Personal information
- Date of birth: 24 June 2007 (age 19)
- Place of birth: Greve Strand, Denmark
- Position: Forward

Team information
- Current team: Extremadura (on loan from Leganés)

Youth career
- Greve
- 2022–2024: HB Køge

Senior career*
- Years: Team / Apps / (Gls)
- 2024–2026: HB Køge / 51 / (10)
- 2026–: Leganés / 0 / (0)
- 2026–: → Extremadura (loan) / 0 / (0)

International career^{‡}
- 2024–2025: Denmark U18 / 6 / (3)
- 2025–: Denmark U19 / 10 / (2)

= Alfred Gøthler =

Danish footballer (born 2007)

Alfred Gøthler (born 24 June 2007) is a Danish professional footballer who plays as a forward for Spanish club CD Extremadura, on loan from CD Leganés.

==Club career==
===HB Køge===
Gøthler joined HB Køge's youth sides in 2022, from affiliate club Greve, and signed a professional contract with the club on 16 May 2023, aged 16. He made his first team debut on 20 May 2024, coming on as a late substitute for Jafar Arias in a 3–1 1st Division away loss to FC Helsingør.
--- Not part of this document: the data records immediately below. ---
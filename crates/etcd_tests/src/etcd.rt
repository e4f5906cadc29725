//! A model of etcd at the end of an exchange: it reads the texts of requests, and its answers are texts too. Its failures are
//! scripted.
use base64::engine::general_purpose::STANDARD;
use gu_etcd::{Exchange, Gateway, Name, NodeError};
use serde_json::Value;
use std::alloc::{AllocError, Global};

/// The fate of a request.
#[derive(Clone, Copy, PartialEq, Eq)]
pub enum Fate {
    /// It is carried out and answered.
    Answered,
    /// It gets lost.
    RequestLost,
    /// It is carried out, and the answer gets lost.
    AnswerLost,
    /// It is carried out twice, and the second answer is the one that comes.
    Doubled,
    /// An endpoint answers that it can't say.
    TimedOut,
}

/// A batch in the log, with its key, in base64.
#[derive(Drop)]
pub struct Pair {
    pub key: String,
    pub value: String,
}

/// An etcd with one log.
pub struct Etcd {
    /// The name of the desk that leads, in base64.
    pub leader: String,
    pub pairs: Vec<Pair>,
    /// How often a request came, lost ones too.
    pub asked: usize,
    /// The endpoints that were asked, in order.
    pub endpoints: Vec<usize>,
}

// By hand, so that each exit of a caller drops an etcd by one call.
impl Drop for Etcd {
    fn drop(self) {
        let Etcd {
            leader,
            pairs,
            asked: _,
            endpoints,
        } = self;
        drop(leader);
        drop(pairs);
        drop(endpoints);
    }
}

impl Etcd {
    /// Creates an etcd with an empty log, which a desk leads.
    pub fn new(alloc: Global, leader: &[u8]) -> Result<Self, AllocError> {
        Ok(Etcd {
            leader: STANDARD.encode(alloc, leader)?,
            pairs: Vec::new(alloc),
            asked: 0,
            endpoints: Vec::new(alloc),
        })
    }

    /// Returns the value at a key.
    fn value_at(&self, key: &str) -> Option<&str> {
        let pair = self.pairs.iter().find(|pair| pair.key.as_str() == key)?;
        Some(pair.value.as_str())
    }

    /// Returns the pairs from a key on, in the order in which they were put.
    fn list(&self, alloc: Global, request: &RangeRequest) -> Result<String, AllocError> {
        let mut text = String::from_str(alloc, "{\"header\":{\"revision\":\"3\"},\"kvs\":[")?;
        let key = request.key.as_str();
        let from = self.pairs.iter().position(|pair| pair.key.as_str() == key);
        let pairs = match from {
            Some(from) => self.pairs.get(from..).unwrap_or(&[]),
            None => &[],
        };
        for (i, pair) in pairs.iter().take(request.limit).enumerate() {
            let comma = if i == 0 { "" } else { "," };
            let (key, value) = (pair.key.as_str(), pair.value.as_str());
            text.push_str(format!(in alloc;
                "{comma}{{\"key\":\"{key}\",\"value\":\"{value}\"}}"
            )?.as_str())?;
        }
        let has_more = pairs.len() > request.limit;
        text.push_str(format!(in alloc; "],\"more\":{has_more}}}")?.as_str())?;
        Ok(text)
    }

    /// Carries a transaction out, and returns the answer.
    fn answer(&mut self, alloc: Global, request: &Request) -> Result<String, AllocError> {
        if let Some(there) = self.value_at(request.key.as_str()) {
            return found_text(alloc, request.key.as_str(), there);
        }
        if request.leader.as_str() != self.leader.as_str() {
            return format!(in alloc; "{{\"responses\":[{{\"response_range\":{{}}}}]}}");
        }
        self.pairs.push(Pair {
            key: request.key.clone()?,
            value: request.value.clone()?,
        })?;
        format!(in alloc; "{{\"succeeded\":true,\"responses\":[{{\"response_put\":{{}}}}]}}")
    }
}

/// A request for the pairs from a key on.
#[derive(Drop)]
struct RangeRequest {
    key: String,
    limit: usize,
}

/// Returns the request for pairs that a value says.
fn range_request_in(alloc: Global, request: &Value) -> Option<RangeRequest> {
    let limit = request.pointer("/limit")?.as_str()?;
    Some(RangeRequest {
        limit: limit.parse::<usize>().ok()?,
        key: text_at(alloc, request, "/key")?,
    })
}

/// Returns the request for pairs that a text is.
fn range_request_of(alloc: Global, body: &str) -> Option<RangeRequest> {
    let request = Value::from_str(alloc, body).ok()?;
    let read = range_request_in(alloc, &request);
    drop(request);
    read
}

/// Returns the answer that a value is at a key.
fn found_text(alloc: Global, key: &str, value: &str) -> Result<String, AllocError> {
    format!(in alloc;
        "{{\"responses\":[{{\"response_range\":{{\"kvs\":[{{\"key\":\"{key}\",\"value\":\"{value}\"}}],\"count\":\"1\"}}}}]}}"
    )
}

/// A transaction that puts a batch.
#[derive(Drop)]
struct Request {
    key: String,
    leader: String,
    value: String,
}

/// Returns a text that is at a place of a request.
fn text_at(alloc: Global, request: &Value, place: &str) -> Option<String> {
    let text = request.pointer(place)?.as_str()?;
    String::from_str(alloc, text).ok()
}

/// Returns whether all keys of a transaction are one, whose version has to be 0.
fn is_of_one_key(request: &Value) -> Option<bool> {
    let key = request.pointer("/compare/0/key")?.as_str()?;
    let put = request.pointer("/success/0/request_put/key")?.as_str()?;
    let ranged = request.pointer("/failure/0/request_range/key")?.as_str()?;
    let version = request.pointer("/compare/0/version")?.as_str()?;
    Some(put == key && ranged == key && version == "0")
}

/// Returns the transaction that a value says.
fn request_in(alloc: Global, request: &Value) -> Option<Request> {
    if is_of_one_key(request) != Some(true) {
        return None;
    }
    Some(Request {
        key: text_at(alloc, request, "/compare/0/key")?,
        leader: text_at(alloc, request, "/compare/1/value")?,
        value: text_at(alloc, request, "/success/0/request_put/value")?,
    })
}

/// Returns the transaction that a text asks for.
fn request_of(alloc: Global, body: &str) -> Option<Request> {
    let request = Value::from_str(alloc, body).ok()?;
    let read = request_in(alloc, &request);
    drop(request);
    read
}

/// A desk's way to an etcd that others use too, with the fates of its next requests.
#[derive(Drop)]
pub struct Way<'a> {
    pub etcd: &'a mut Etcd,
    pub fates: &'a [Fate],
}

impl Way<'_> {
    /// Returns the fate of the next request.
    fn next_fate(&mut self) -> Fate {
        match self.fates {
            [fate, rest @ ..] => {
                self.fates = rest;
                *fate
            }
            [] => Fate::Answered,
        }
    }

    /// Carries a request out as often as its fate says, and returns the answer.
    fn play(&mut self, alloc: Global, request: &Request) -> Result<Option<String>, AllocError> {
        match self.next_fate() {
            Fate::Answered => Ok(Some(self.etcd.answer(alloc, request)?)),
            Fate::RequestLost => Ok(None),
            Fate::AnswerLost => {
                let _ = self.etcd.answer(alloc, request)?;
                Ok(None)
            }
            Fate::Doubled => {
                let _ = self.etcd.answer(alloc, request)?;
                Ok(Some(self.etcd.answer(alloc, request)?))
            }
            Fate::TimedOut => Ok(Some(format!(in alloc;
                "{{\"error\":\"etcdserver: request timed out\",\"code\":14}}"
            )?)),
        }
    }
}

impl Way<'_> {
    /// Answers a transaction, unless it or its answer gets lost.
    fn post_put(&mut self, alloc: Global, body: &str) -> Result<Vec<u8>, NodeError> {
        let Some(request) = request_of(alloc, body) else {
            return Err(NodeError::Unanswered);
        };
        match self.play(alloc, &request)? {
            Some(answer) => Ok(answer.into_bytes()),
            None => Err(NodeError::Unanswered),
        }
    }

    /// Answers a request for pairs, or loses it.
    fn post_range(&mut self, alloc: Global, body: &str) -> Result<Vec<u8>, NodeError> {
        let Some(request) = range_request_of(alloc, body) else {
            return Err(NodeError::Unanswered);
        };
        if self.next_fate() != Fate::Answered {
            return Err(NodeError::Unanswered);
        }
        Ok(self.etcd.list(alloc, &request)?.into_bytes())
    }
}

impl Exchange for Way<'_> {
    fn post(
        &mut self,
        alloc: Global,
        endpoint: usize,
        path: &str,
        body: &str,
    ) -> Result<Vec<u8>, NodeError> {
        self.etcd.asked = self.etcd.asked.saturating_add(1);
        if self.etcd.endpoints.push(endpoint).is_err() {
            return Err(NodeError::Memory);
        }
        match path {
            "/v3/kv/range" => self.post_range(alloc, body),
            "/v3/kv/txn" => self.post_put(alloc, body),
            _ => Err(NodeError::Unanswered),
        }
    }
}

/// Returns a text as a name.
pub fn name_of(alloc: Global, text: &str) -> Result<Name, NodeError> {
    let bytes = Vec::from_slice(alloc, text.as_bytes())?;
    Name::new(bytes).ok_or(NodeError::Unanswered)
}

/// Returns a desk's gateway to the log DAY of an etcd with three endpoints, whose next requests have these fates.
pub fn gateway_of<'a>(
    alloc: Global,
    etcd: &'a mut Etcd,
    fates: &'a [Fate],
    desk: &str,
) -> Result<Gateway<Way<'a>>, NodeError> {
    let log = name_of(alloc, "DAY")?;
    let desk = name_of(alloc, desk)?;
    Ok(Gateway::new(Way { etcd, fates }, 3, log, desk))
}
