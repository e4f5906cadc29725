//! A connection that is listened to before there is a session.

ghost use Rattle.std.specs.Prelude.{◌≡◌, ◌<◌, [], length, IfOk};
ghost use Rattle.std.specs.Option.{option_map};
ghost use Rattle.gu_knocks.specs.Listening.{Hears, Listens};

use crate::guard::Guard;
use crate::heard::{Glance, Heard};
use crate::knock::Knock;
use std::alloc::{AllocError, Global};
use std::io;
use std::io::{ErrorKind, Read};

/// A connection that is listened to before there is a session: its stream, and what it has sent.
#[derive(Drop)]
pub struct Listening<T> {
    stream: T,
    knock: Knock,
    /// Whether bytes may have come.
    is_readable: bool,
    /// Whether its peer sends no more: it stays readable until its end is read.
    is_ending: bool,
}

/// What became of a connection after it was listened to once more.
#[derive(Drop)]
pub enum Listened<T> {
    /// Its first message isn't whole yet.
    Waits(Listening<T>),
    /// It is let in. `said` is all that was read, for its session to read.
    LetsIn {
        glance: Glance,
        said: Vec<u8>,
        stream: T,
    },
    /// It is turned away: nothing more is to be read from its stream.
    Refuses {
        glance: Glance,
        stream: T,
    },
    /// Its peer ended before its first message was whole.
    Ends,
    /// Its stream failed.
    Fails,
}

impl<T> Listening<T> {
    /// Creates it for a connection that was accepted.
    pub fn new(alloc: Global, stream: T) -> Self
        ensures said { result.knock ≡ [] }
        ensures stream { result.stream ≡ stream }
    {
        Listening {
            stream,
            knock: Knock::new(alloc),
            is_readable: true,
            is_ending: false,
        }
    }

    /// Notes that bytes may have come, and whether its peer sends no more.
    pub fn note(&mut self, is_ending: bool)
        ensures said { self.new.knock ≡ self.old.knock }
        ensures stream { self.new.stream ≡ self.old.stream }
    {
        self.is_readable = true;
        self.is_ending = self.is_ending || is_ending;
    }

    /// Returns whether a read may bring bytes.
    pub fn is_readable(&self) -> bool {
        self.is_readable
    }

    /// Returns how many bytes it has sent.
    pub fn len(&self) -> usize
        ensures { result ≡ length self.now.knock }
    {
        self.knock.len()
    }
}

/// Returns whether an error of a stream means that it has nothing for now.
fn is_wait(error: &io::Error) -> bool {
    matches!(
        error.kind(),
        ErrorKind::WouldBlock | ErrorKind::TimedOut | ErrorKind::Interrupted
    )
}

impl<T: Read + Drop> Listening<T> {
    /// Listens once: reads as much as the buffer takes, and tests whether the first message is whole with it. If an allocation fails, the
    /// connection is lost.
    pub fn listen(
        mut self,
        alloc: Global,
        guard: Guard<'_>,
        buffer: &mut [u8],
    ) -> Result<Listened<T>, AllocError>
        requires { 0 < length buffer.old }
        ensures { IfOk result (Listens T.remaining (option_map (λ secrets. secrets.now) guard.entry.secrets) guard.entry.firms.now self) }
    {
        let count = match self.stream.read(buffer) {
            Ok(0) => return Ok(Listened::Ends),
            Ok(count) => count,
            Err(error) if is_wait(&error) => {
                self.is_readable = error.kind() == ErrorKind::Interrupted;
                return Ok(Listened::Waits(self));
            }
            Err(_) => return Ok(Listened::Fails),
        };
        let is_readable = count == buffer.len() || self.is_ending;
        self.hear(alloc, guard, &buffer[..count], is_readable)
    }

    /// Takes what was read.
    fn hear(
        self,
        alloc: Global,
        guard: Guard<'_>,
        piece: &[u8],
        is_readable: bool,
    ) -> Result<Listened<T>, AllocError>
        ensures { IfOk result (Hears (option_map (λ secrets. secrets.now) guard.entry.secrets) guard.entry.firms.now self piece.now) }
    {
        let Listening {
            stream,
            knock,
            is_readable: _,
            is_ending,
        } = self;
        match knock.hear(alloc, guard, piece)? {
            Heard::Waits(knock) => Ok(Listened::Waits(Listening {
                stream,
                knock,
                is_readable,
                is_ending,
            })),
            Heard::LetsIn { glance, said } => Ok(Listened::LetsIn {
                glance,
                said,
                stream,
            }),
            Heard::Refuses(glance) => Ok(Listened::Refuses { glance, stream }),
        }
    }
}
On 2 July 2024, Gøthler further extended his link until the end of 2027. In December 2024, he was awarded the Male Talent of the Year at Køge, before being definitely promoted to the main squad shortly after.

Gøthler scored his first senior goal on 16 May 2025, netting a last-minute winner in a 2–1 home success over B.93. Regularly used during the 2025–26 season, he scored four times and provided one assist in seven matches during the months of October and November 2025.

===Leganés===
On 24 February 2026, Spanish club CD Leganés announced the signing of Gøthler on a four-year contract, effective as of 1 July. After spending the entire pre-season with the side, he was loaned to Primera Federación club CD Extremadura on 29 August.

==International career==
Gøthler represented Denmark at under-18 and under-19 levels.

==Personal life==
Gøthler's father Henrik was also a footballer. He played for the club between 1992 and 1999, being named Player of the Year in 1995 and 1997.